**EXERCISE DETAILS**
Only one stretch of the data below is needed. Output the lines from the one with "pub(super) fn waiting(who: u8, stops: Stops)" up to and including the one with "self.take(2 * u64::from(turn) +", exactly as they stand.

Items from a dataset:

◇ ◇ ◇ ◇

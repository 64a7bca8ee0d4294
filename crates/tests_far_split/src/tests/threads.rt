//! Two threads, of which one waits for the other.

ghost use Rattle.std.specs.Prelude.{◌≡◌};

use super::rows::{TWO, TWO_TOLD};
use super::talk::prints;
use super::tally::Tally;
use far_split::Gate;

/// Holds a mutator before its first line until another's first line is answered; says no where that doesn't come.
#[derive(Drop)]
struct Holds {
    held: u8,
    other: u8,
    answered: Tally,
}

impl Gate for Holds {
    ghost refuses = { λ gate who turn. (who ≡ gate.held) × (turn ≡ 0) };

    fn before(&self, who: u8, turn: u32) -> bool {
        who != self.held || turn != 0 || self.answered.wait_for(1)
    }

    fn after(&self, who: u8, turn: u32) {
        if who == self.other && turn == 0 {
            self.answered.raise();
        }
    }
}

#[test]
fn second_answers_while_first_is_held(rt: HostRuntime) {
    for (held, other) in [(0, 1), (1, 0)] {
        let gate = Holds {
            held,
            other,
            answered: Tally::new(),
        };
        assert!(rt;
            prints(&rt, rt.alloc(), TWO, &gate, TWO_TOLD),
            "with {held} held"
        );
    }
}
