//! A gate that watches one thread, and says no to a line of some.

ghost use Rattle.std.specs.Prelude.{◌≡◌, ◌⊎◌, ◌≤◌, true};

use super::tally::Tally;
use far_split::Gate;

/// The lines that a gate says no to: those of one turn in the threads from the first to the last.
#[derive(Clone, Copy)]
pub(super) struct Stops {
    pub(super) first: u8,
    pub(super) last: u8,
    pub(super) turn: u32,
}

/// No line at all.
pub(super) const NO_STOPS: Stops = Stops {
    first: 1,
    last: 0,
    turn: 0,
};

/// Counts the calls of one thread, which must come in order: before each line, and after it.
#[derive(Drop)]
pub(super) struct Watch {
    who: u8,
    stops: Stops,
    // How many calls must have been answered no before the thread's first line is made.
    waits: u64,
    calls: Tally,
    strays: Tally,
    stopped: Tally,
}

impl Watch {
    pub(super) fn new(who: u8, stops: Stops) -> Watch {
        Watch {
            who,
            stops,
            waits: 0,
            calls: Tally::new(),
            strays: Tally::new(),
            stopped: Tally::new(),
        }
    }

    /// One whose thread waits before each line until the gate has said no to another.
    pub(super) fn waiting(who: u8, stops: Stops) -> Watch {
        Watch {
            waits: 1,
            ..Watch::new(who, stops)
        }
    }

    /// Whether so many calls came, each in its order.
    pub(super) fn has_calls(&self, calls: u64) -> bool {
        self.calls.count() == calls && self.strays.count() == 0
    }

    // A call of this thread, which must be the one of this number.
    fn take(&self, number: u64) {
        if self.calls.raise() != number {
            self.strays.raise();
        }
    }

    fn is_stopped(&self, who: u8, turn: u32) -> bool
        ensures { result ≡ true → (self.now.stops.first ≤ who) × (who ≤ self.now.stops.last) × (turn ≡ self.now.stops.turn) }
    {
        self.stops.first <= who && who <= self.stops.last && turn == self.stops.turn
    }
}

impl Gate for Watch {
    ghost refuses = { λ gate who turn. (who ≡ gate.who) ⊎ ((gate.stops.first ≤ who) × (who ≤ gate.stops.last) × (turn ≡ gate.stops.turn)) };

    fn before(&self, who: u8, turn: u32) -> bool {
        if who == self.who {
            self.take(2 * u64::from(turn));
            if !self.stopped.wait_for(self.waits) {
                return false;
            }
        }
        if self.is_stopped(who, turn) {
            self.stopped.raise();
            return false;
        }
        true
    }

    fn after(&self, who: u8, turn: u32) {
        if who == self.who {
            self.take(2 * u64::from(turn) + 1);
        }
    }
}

◇ ◇ ◇ ◇

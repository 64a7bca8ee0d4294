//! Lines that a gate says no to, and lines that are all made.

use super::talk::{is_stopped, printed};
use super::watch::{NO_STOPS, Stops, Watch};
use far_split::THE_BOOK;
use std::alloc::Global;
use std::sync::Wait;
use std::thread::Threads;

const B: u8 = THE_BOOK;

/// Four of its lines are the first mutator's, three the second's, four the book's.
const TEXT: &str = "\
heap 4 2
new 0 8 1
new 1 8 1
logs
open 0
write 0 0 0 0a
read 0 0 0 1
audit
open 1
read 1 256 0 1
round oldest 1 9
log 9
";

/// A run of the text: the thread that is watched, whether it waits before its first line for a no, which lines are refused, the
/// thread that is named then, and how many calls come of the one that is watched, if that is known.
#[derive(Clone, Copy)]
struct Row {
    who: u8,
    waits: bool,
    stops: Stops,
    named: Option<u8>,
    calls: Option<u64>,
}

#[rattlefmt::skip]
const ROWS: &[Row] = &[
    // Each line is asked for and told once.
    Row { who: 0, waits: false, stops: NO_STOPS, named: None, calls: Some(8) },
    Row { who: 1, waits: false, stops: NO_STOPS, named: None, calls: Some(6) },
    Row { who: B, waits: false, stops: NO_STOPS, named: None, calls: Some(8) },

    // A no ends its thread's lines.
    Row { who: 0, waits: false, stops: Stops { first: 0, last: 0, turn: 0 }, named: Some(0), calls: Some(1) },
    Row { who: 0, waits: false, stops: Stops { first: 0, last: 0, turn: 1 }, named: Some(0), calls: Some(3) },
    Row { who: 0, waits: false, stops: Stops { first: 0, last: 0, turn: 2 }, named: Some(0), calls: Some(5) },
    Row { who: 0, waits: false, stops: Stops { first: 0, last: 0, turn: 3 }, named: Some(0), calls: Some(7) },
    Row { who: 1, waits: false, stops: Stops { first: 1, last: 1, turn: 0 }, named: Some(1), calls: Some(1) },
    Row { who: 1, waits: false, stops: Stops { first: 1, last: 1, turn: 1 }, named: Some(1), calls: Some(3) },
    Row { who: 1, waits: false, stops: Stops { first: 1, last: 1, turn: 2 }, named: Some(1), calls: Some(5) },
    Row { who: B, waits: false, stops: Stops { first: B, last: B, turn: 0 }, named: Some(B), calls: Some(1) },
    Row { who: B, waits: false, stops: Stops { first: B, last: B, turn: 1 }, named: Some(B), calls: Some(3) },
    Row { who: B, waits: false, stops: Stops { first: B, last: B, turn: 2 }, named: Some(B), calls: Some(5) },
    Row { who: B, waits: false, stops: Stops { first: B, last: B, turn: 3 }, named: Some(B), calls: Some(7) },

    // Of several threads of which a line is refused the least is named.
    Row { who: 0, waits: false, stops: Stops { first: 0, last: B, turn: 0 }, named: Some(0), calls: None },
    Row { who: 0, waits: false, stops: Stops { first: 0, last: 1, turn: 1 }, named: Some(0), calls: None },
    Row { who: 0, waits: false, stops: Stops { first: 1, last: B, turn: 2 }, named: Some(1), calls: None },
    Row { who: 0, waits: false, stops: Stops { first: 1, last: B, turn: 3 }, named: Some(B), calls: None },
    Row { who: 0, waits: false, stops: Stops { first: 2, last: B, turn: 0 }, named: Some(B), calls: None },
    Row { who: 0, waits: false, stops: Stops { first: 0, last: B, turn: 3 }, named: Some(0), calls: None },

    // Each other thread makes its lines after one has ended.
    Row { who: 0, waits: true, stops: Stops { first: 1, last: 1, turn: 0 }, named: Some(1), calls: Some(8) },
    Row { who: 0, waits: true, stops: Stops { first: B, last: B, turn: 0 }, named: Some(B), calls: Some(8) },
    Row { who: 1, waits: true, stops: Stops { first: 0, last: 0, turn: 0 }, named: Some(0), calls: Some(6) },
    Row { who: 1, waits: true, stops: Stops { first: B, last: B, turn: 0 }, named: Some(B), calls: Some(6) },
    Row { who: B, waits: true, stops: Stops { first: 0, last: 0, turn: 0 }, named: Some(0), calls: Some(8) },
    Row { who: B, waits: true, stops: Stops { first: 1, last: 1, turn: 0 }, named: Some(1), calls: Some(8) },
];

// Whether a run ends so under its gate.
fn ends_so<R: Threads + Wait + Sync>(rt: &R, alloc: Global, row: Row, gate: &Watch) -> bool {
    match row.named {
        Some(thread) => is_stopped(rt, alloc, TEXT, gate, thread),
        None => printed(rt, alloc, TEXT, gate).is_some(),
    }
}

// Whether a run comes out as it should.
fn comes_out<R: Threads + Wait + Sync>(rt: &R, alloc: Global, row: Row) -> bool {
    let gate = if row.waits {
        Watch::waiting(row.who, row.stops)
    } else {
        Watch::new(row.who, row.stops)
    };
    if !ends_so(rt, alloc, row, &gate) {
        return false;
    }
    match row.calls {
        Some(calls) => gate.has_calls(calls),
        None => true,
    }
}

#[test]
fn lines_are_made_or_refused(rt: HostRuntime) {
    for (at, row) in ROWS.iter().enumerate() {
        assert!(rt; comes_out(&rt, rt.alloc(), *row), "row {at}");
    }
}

◇ ◇ ◇ ◇

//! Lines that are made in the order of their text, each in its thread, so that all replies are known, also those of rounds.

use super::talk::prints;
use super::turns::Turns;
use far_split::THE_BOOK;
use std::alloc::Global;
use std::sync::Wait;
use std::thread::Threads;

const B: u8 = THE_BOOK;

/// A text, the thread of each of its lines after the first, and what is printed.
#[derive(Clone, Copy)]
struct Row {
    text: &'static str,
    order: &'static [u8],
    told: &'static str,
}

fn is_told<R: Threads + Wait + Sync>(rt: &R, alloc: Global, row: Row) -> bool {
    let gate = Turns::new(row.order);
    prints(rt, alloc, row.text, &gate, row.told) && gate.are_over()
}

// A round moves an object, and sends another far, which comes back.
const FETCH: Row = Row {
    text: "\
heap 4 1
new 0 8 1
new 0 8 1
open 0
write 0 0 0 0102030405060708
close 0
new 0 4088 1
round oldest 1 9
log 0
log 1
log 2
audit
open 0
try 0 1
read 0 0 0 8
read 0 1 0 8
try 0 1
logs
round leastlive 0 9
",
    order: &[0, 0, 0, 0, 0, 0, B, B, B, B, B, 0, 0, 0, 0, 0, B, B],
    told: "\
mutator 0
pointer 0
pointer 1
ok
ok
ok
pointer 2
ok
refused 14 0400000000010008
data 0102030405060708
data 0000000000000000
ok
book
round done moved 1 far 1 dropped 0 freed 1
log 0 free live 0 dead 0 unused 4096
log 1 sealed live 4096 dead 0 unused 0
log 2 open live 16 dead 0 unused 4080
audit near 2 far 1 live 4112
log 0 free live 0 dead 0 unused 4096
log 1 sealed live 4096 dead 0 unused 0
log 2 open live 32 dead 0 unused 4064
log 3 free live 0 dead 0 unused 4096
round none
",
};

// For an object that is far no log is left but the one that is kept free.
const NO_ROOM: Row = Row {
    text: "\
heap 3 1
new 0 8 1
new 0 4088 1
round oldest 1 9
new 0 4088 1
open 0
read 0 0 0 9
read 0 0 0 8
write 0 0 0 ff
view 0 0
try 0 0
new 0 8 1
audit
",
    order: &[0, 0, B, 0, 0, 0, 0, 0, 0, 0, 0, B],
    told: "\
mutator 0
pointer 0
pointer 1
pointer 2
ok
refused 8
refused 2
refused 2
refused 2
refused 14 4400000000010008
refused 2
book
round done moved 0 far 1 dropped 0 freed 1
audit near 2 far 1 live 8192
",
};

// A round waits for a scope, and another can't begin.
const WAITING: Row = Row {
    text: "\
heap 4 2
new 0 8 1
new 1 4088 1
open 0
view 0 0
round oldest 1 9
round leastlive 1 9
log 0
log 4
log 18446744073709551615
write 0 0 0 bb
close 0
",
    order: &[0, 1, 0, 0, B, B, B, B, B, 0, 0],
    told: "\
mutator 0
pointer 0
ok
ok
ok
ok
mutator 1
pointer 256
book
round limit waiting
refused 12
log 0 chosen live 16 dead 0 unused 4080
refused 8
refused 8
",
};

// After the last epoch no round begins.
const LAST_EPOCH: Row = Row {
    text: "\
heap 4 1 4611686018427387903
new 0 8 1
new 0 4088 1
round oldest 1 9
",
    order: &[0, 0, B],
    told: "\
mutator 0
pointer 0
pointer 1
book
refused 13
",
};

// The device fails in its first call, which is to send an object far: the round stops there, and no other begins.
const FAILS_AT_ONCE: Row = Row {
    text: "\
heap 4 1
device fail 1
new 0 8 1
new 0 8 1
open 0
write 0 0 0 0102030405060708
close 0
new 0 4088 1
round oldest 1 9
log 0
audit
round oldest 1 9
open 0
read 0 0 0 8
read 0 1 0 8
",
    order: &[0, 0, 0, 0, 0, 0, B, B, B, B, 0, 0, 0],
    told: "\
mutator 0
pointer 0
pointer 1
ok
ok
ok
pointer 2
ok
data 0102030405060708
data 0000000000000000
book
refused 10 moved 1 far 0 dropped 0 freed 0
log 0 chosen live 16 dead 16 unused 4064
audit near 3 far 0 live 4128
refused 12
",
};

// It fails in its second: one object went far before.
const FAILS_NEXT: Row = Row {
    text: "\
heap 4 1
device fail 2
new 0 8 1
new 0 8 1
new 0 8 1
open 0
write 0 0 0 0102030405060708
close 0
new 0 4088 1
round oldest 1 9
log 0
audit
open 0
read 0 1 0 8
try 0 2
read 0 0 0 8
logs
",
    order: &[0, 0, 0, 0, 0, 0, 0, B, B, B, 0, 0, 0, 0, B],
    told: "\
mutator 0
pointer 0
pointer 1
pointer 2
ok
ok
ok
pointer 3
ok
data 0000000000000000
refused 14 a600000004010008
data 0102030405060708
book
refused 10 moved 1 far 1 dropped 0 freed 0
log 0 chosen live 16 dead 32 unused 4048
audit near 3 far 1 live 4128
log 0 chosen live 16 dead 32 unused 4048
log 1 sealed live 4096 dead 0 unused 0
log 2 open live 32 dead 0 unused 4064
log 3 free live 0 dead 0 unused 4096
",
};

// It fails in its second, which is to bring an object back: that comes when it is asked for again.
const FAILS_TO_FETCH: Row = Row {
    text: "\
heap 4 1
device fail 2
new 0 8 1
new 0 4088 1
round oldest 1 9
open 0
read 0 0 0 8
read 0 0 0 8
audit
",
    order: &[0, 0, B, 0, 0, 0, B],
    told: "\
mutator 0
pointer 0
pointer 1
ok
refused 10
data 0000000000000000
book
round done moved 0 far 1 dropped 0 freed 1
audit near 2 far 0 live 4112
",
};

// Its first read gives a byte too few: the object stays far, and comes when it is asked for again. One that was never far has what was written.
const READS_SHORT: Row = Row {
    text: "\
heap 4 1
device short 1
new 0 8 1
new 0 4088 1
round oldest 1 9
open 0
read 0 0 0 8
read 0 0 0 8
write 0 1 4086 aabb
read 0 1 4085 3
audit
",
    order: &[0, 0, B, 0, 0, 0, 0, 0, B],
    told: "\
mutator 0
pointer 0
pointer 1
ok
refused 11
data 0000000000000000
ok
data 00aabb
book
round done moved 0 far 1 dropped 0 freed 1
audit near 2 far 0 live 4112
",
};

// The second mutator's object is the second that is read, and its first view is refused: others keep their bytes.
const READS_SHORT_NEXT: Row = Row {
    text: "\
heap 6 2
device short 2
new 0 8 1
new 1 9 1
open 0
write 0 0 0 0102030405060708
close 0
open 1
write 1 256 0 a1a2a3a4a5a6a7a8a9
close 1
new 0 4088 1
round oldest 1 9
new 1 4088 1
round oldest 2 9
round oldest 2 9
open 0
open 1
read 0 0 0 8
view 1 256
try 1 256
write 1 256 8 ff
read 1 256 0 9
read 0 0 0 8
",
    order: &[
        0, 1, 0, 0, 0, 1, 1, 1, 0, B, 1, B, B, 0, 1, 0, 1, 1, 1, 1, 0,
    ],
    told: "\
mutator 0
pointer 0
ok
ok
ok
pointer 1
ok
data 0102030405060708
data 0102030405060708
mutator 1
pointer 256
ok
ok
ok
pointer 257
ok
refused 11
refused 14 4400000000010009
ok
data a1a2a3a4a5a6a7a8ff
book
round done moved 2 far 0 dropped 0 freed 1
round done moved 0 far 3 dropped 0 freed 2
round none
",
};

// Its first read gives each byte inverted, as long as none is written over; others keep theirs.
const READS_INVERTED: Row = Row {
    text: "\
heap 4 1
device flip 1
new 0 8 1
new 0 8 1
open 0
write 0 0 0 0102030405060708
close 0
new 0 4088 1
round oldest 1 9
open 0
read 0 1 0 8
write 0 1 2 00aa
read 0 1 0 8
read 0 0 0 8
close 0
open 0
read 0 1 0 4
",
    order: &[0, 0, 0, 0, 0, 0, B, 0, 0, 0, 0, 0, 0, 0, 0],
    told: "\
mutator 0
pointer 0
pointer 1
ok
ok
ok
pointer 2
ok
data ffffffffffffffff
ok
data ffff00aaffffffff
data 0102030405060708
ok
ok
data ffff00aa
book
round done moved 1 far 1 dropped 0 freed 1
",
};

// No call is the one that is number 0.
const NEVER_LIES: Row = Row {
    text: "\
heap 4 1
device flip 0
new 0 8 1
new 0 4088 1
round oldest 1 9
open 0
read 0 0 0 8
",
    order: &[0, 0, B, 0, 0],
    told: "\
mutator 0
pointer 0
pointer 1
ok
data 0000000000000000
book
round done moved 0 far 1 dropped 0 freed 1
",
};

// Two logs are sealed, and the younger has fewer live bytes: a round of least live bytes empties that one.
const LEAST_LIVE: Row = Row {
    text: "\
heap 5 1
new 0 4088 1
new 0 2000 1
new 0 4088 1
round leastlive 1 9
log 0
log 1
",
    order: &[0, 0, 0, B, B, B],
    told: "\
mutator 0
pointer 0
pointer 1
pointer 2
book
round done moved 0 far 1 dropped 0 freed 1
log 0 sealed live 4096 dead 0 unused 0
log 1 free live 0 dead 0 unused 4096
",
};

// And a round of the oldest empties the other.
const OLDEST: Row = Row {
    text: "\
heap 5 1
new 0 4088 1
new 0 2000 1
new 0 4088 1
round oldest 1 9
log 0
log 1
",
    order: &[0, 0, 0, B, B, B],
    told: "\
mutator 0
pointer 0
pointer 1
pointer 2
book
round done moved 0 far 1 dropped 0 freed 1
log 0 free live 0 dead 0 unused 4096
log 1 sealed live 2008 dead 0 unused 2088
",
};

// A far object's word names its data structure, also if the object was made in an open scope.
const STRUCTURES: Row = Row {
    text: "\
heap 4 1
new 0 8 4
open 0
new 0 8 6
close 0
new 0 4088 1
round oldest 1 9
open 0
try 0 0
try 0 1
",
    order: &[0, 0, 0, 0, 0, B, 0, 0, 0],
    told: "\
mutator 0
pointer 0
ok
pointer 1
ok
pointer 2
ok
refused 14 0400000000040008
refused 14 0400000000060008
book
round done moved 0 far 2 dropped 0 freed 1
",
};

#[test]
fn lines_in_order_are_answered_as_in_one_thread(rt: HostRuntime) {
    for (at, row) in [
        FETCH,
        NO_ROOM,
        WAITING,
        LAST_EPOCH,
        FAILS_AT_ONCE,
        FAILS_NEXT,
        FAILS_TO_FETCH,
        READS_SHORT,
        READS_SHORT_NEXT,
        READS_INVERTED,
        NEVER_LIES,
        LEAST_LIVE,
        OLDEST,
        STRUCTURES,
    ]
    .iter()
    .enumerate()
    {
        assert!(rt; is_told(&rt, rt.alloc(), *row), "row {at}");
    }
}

◇ ◇ ◇ ◇

**REPLY TO THE EXERCISE**
    pub(super) fn waiting(who: u8, stops: Stops) -> Watch {
        Watch {
            waits: 1,
            ..Watch::new(who, stops)
        }
    }

    /// Whether so many calls came, each in its order.
    pub(super) fn has_calls(&self, calls: u64) -> bool {
        self.calls.count() == calls && self.strays.count() == 0
    }

    // A call of this thread, which must be the one of this number.
    fn take(&self, number: u64) {
        if self.calls.raise() != number {
            self.strays.raise();
        }
    }

    fn is_stopped(&self, who: u8, turn: u32) -> bool
        ensures { result ≡ true → (self.now.stops.first ≤ who) × (who ≤ self.now.stops.last) × (turn ≡ self.now.stops.turn) }
    {
        self.stops.first <= who && who <= self.stops.last && turn == self.stops.turn
    }
}

impl Gate for Watch {
    ghost refuses = { λ gate who turn. (who ≡ gate.who) ⊎ ((gate.stops.first ≤ who) × (who ≤ gate.stops.last) × (turn ≡ gate.stops.turn)) };

    fn before(&self, who: u8, turn: u32) -> bool {
        if who == self.who {
            self.take(2 * u64::from(turn));
            if !self.stopped.wait_for(self.waits) {
                return false;
            }
        }
        if self.is_stopped(who, turn) {
            self.stopped.raise();
            return false;
        }
        true
    }

    fn after(&self, who: u8, turn: u32) {
        if who == self.who {
            self.take(2 * u64::from(turn) + 1);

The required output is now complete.